Nagui: In a nefarious sense, you could probably determine if there’s doping going on due to anomalies to normal behavior.
RW: Aren’t the riders utilizing wearables already?
Chris: They do, they have a head unit on the bike for capturing data for retrospective analysis, and certainly having access to the real time data for a team director would be hugely relevant and very useful. The other challenge is we can’t do this through Wi-Fi, cellular coverage is often very spotty up in the mountains, and there’s the task of backhauling this data – getting it to the point where you’ve got consistency in delivery and maximizing the availability of the signal. There’s literally a fleet of vehicles – bikes, cars, planes, helicopters – that follow the Tour and deliver everything from broadcasts to food. It’s challenging to get access to the data.
(As for Quarks) We believe that starting to provide some edge processing adds a whole new dimension again, and so looking at the terrain, the way the data is captured – cyclists going through tunnels, going down extremely steep gradients being able to do things like capture the data and do a store-and-forward model where we can do virtual updates to fill in any gaps in the data that might have occurred because of terrain.
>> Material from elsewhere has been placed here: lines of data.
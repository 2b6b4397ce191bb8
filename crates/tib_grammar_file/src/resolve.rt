// Name resolution: a leaf without quotes is a state if its text is the name of one, and otherwise a
// label.
ghost use Rattle.std.specs.Prelude.{◌≡◌, ◌≤◌, ◌<◌, ◌+◌, ◌-◌, ◌^◌, ℕ, List, length, take, drop, IfOk, IfSome, Some, None, slice_get, All};
ghost use Rattle.tib_lex.specs.Lines.{HasNoFeed};
ghost use Rattle.tib_lex.specs.Lists.{Along, Each};
ghost use Rattle.tib_tree.specs.Grows.{Grows};
ghost use Rattle.tib_tree.specs.Written.{Item as ItemOf};
ghost use Rattle.tib_grammar.specs.Items.{pair_of, pairs_of};
ghost use Rattle.tib_tree.specs.Trees.{preorder_of, most_nodes};
ghost use Rattle.tib_grammar_file.specs.Added.{AddsSymbol, AddsSymbols, AddsRules};
ghost use Rattle.tib_grammar_file.specs.Raw.{IsRaw, IsRawRule};
ghost use Rattle.tib_grammar_file.specs.Resolve.{IsFoundRaw, AreStatesOf, IsRawTree, IsRawGrammarOf};
ghost use Rattle.tib_grammar_file.specs.Rule.{RuleLine};
ghost use Rattle.tib_grammar_file.specs.Value.{IsNode, IsRule};

use crate::raw::{RawItem, RawRule, RawRules};
use smallvec::SmallVec;
use std::alloc::{AllocError, Global};
use tib_grammar::{Item, Rule, Side};
use tib_tree::{Labels, ShapeError};

/// The tables of a file: the names of its states, the texts of its nodes, and for each of these
/// texts the state whose name it is, so that each is looked up once.
#[derive(Drop)]
struct Tables<'f> {
    names: &'f Labels,
    texts: &'f Labels,
    states: Vec<Option<u32>>,
}

// For each text the state whose name it is.
fn states_of(alloc: Global, names: &Labels, texts: &Labels) -> Result<Vec<Option<u32>>, AllocError>
    ensures { IfOk result (λ states. AreStatesOf names.now states.items texts.now) }
{
    let count = texts.len();
    let mut states = Vec::with_capacity(alloc, count)?;
    for n in 0..count {
        let text = texts.text(n as u32);
        let state = names.find(text);
        states.push(state)?;
    }
    Ok(states)
}

// The state that a leaf is.
fn state_of(item: RawItem, tables: &Tables) -> Option<u32>
    requires text { item.text < length tables.now.texts.now }
    requires states { AreStatesOf tables.now.names.now tables.now.states.items
        tables.now.texts.now }
    ensures { (text : List ℕ) → slice_get tables.now.texts.now item.text ≡ Some text →
        IsFoundRaw tables.now.names.now text result item }
{
    if item.quoted {
        return None;
    }
    match item.kids {
        None => tables.states[item.text as usize],
        Some(_) => None,
    }
}

fn resolve_item(
    item: RawItem,
    tables: &Tables,
    labels: &mut Labels,
) -> Result<Item<u32>, AllocError>
    requires text { item.text < length tables.now.texts.now }
    requires plain { Each HasNoFeed tables.now.texts.now }
    requires states { AreStatesOf tables.now.names.now tables.now.states.items
        tables.now.texts.now }
    requires room { length labels.old < 2 ^ 32 - 1 }
    ensures item { IfOk result (λ s. (i : ItemOf) → IsRaw tables.now.texts.now item i →
        IsNode tables.now.names.now labels.new (pair_of s) i) }
    ensures added { IfOk result (λ s. AddsSymbol labels.old (pair_of s).0 labels.new) }
    ensures few { length labels.new ≤ length labels.old + 1 }
    ensures grows { Grows labels.old labels.new }
{
    if let Some(state) = state_of(item, tables) {
        return Ok(Item::Hole(state));
    }
    let text = tables.texts.text(item.text);
    let label = labels.intern(text)?;
    let rank = item.kids.unwrap_or(0);
    Ok(Item::Label { label, rank })
}

fn resolve_items(
    alloc: Global,
    items: &[RawItem],
    tables: &Tables,
    labels: &mut Labels,
) -> Result<SmallVec<Item<u32>, 3>, AllocError>
    requires texts { All (λ r. r.text < length tables.now.texts.now) items.now }
    requires plain { Each HasNoFeed tables.now.texts.now }
    requires states { AreStatesOf tables.now.names.now tables.now.states.items
        tables.now.texts.now }
    requires room { length labels.old + length items.now < 2 ^ 32 - 1 }
    ensures items { IfOk result (λ ss. (is : List ItemOf) →
        Along (IsRaw tables.now.texts.now) items.now is →
        Along (IsNode tables.now.names.now labels.new) (pairs_of ss.items) is) }
    ensures long { IfOk result (λ ss. length ss.items ≡ length items.now) }
    ensures added { IfOk result (λ ss. AddsSymbols labels.old (pairs_of ss.items) labels.new) }
    ensures few { length labels.new ≤ length labels.old + length items.now }
    ensures grows { Grows labels.old labels.new }
{
    let mut side = SmallVec::with_capacity(alloc, items.len())?;
    for item in items {
        let resolved = resolve_item(*item, tables, labels)?;
        side.push(resolved)?;
    }
    Ok(side)
}

// The side of nodes that are a tree.
fn resolve_side(
    alloc: Global,
    items: &[RawItem],
    tables: &Tables,
    labels: &mut Labels,
) -> Result<Side<u32>, AllocError>
    requires tree { IsRawTree tables.now.texts.now items.now }
    requires few { length items.now ≤ most_nodes }
    requires plain { Each HasNoFeed tables.now.texts.now }
    requires states { AreStatesOf tables.now.names.now tables.now.states.items
        tables.now.texts.now }
    requires room { length labels.old + length items.now < 2 ^ 32 - 1 }
    ensures side { IfOk result (λ s. (is : List ItemOf) →
        Along (IsRaw tables.now.texts.now) items.now is →
        Along (IsNode tables.now.names.now labels.new) (preorder_of s) is) }
    ensures added { IfOk result (λ s. AddsSymbols labels.old (preorder_of s) labels.new) }
    ensures few { length labels.new ≤ length labels.old + length items.now }
    ensures grows { Grows labels.old labels.new }
{
    let resolved = resolve_items(alloc, items, tables, labels)?;
    match Side::from_items(resolved) {
        Ok(side) => Ok(side),
        Err(ShapeError::NotATree) => unreachable!(),
        Err(ShapeError::OutOfMemory) => unreachable!(),
    }
}

fn resolve_rule(
    alloc: Global,
    rule: RawRule,
    items: &[RawItem],
    tables: &Tables,
    labels: &mut Labels,
) -> Result<Rule<u32>, AllocError>
    requires tree { IsRawTree tables.now.texts.now items.now }
    requires few { length items.now ≤ most_nodes }
    requires plain { Each HasNoFeed tables.now.texts.now }
    requires states { AreStatesOf tables.now.names.now tables.now.states.items
        tables.now.texts.now }
    requires room { length labels.old + length items.now < 2 ^ 32 - 1 }
    ensures rule { IfOk result (λ r. (line : RuleLine) → IsRawRule tables.now.names.now rule line →
        Along (IsRaw tables.now.texts.now) items.now line.nodes →
        IsRule tables.now.names.now labels.new r line) }
    ensures added { IfOk result (λ r. AddsSymbols labels.old (preorder_of r.right) labels.new) }
    ensures few { length labels.new ≤ length labels.old + length items.now }
    ensures grows { Grows labels.old labels.new }
{
    let right = resolve_side(alloc, items, tables, labels)?;
    Ok(Rule {
        left: rule.left,
        right,
        cost: rule.cost,
    })
}

// A number of nodes from a place on.
fn nodes_at(nodes: &[RawItem], at: usize, count: u32) -> &[RawItem]
    requires { at + count ≤ length nodes.now }
    ensures { result.now ≡ take count (drop at nodes.now) }
{
    let rest = &nodes[at..];
    &rest[..count as usize]
}

// Resolves the leaves of all rules by the tables of their file.
fn resolve_each(
    alloc: Global,
    raw: &RawRules,
    tables: &Tables,
    labels: &mut Labels,
) -> Result<Vec<Rule<u32>>, AllocError>
    requires raw { (lines : List RuleLine)
        × IsRawGrammarOf tables.now.names.now tables.now.texts.now raw.now lines }
    requires plain { Each HasNoFeed tables.now.texts.now }
    requires states { AreStatesOf tables.now.names.now tables.now.states.items
        tables.now.texts.now }
    requires room { length labels.old + length raw.now.nodes.items < 2 ^ 32 - 1 }
    ensures rules { IfOk result (λ rs. (lines : List RuleLine) →
        IsRawGrammarOf tables.now.names.now tables.now.texts.now raw.now lines →
        Along (IsRule tables.now.names.now labels.new) rs.items lines) }
    ensures added { IfOk result (λ rs. AddsRules labels.old rs.items labels.new) }
    ensures few { length labels.new ≤ length labels.old + length raw.now.nodes.items }
    ensures grows { Grows labels.old labels.new }
{
    let mut rules = Vec::with_capacity(alloc, raw.rules.len())?;
    let mut at = 0;
    for rule in &raw.rules {
        let nodes = nodes_at(&raw.nodes, at, rule.nodes);
        let resolved = resolve_rule(alloc, *rule, nodes, tables, labels)?;
        rules.push(resolved)?;
        at += rule.nodes as usize;
    }
    Ok(rules)
}

/// Resolves the leaves of all rules: each is a state or a label.
pub(crate) fn resolve_rules(
    alloc: Global,
    raw: &RawRules,
    names: &Labels,
    texts: &Labels,
    labels: &mut Labels,
) -> Result<Vec<Rule<u32>>, AllocError>
    requires raw { (lines : List RuleLine) × IsRawGrammarOf names.now texts.now raw.now lines }
    requires plain { Each HasNoFeed texts.now }
    requires room { length labels.old + length raw.now.nodes.items < 2 ^ 32 - 1 }
    ensures rules { IfOk result (λ rs. (lines : List RuleLine) →
        IsRawGrammarOf names.now texts.now raw.now lines →
        Along (IsRule names.now labels.new) rs.items lines) }
    ensures added { IfOk result (λ rs. AddsRules labels.old rs.items labels.new) }
    ensures few { length labels.new ≤ length labels.old + length raw.now.nodes.items }
    ensures grows { Grows labels.old labels.new }
{
    let states = states_of(alloc, names, texts)?;
    let tables = Tables {
        names,
        texts,
        states,
    };
    resolve_each(alloc, raw, &tables, labels)
}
We do a lot of inferring from the data to determine whats actually happening out on the road, what does this location speed actually represent, and as we view multiple riders, we can look at some of the interesting patterns that comes from combining the data. Most devices on the back of the bike include accelerometers, gyroscopes and pressure sensors, and therefore if you find from your gyroscope that the bicycle is upside down, you can determine if it was a gradual decrease, maybe the rider had a puncture….and if it was a sudden decrease, perhaps a crash. Local events might involve an alert that is sent back up to the data centre to allow stream reporting
RW: Any there any specific things learned from last year’s efforts?
Chris: There’s an awful lot more that you can start to understand about the race as it unfolds, and the ability to compare individual riders and against prior performance means we can start to infer things like the gradient of ascent, from one particular state of a course, and looking at where they may be similar elsewhere and we start to use that for predictive purpose. We also gained an understanding in what might be interesting to spectators, how can we deliver a compelling viewers experience – how to we enhance that with more advanced analytics – to gain more excitement.
RW: Is there applicability in other areas?
Nagui: We’ve been approached by different industries, including horse racing and also the Indianapolis Motor Speedway. Conversely, we offer similar depths of data in monitoring patients with the treatment of their diabetes. Quark is applicable in so many different spaces.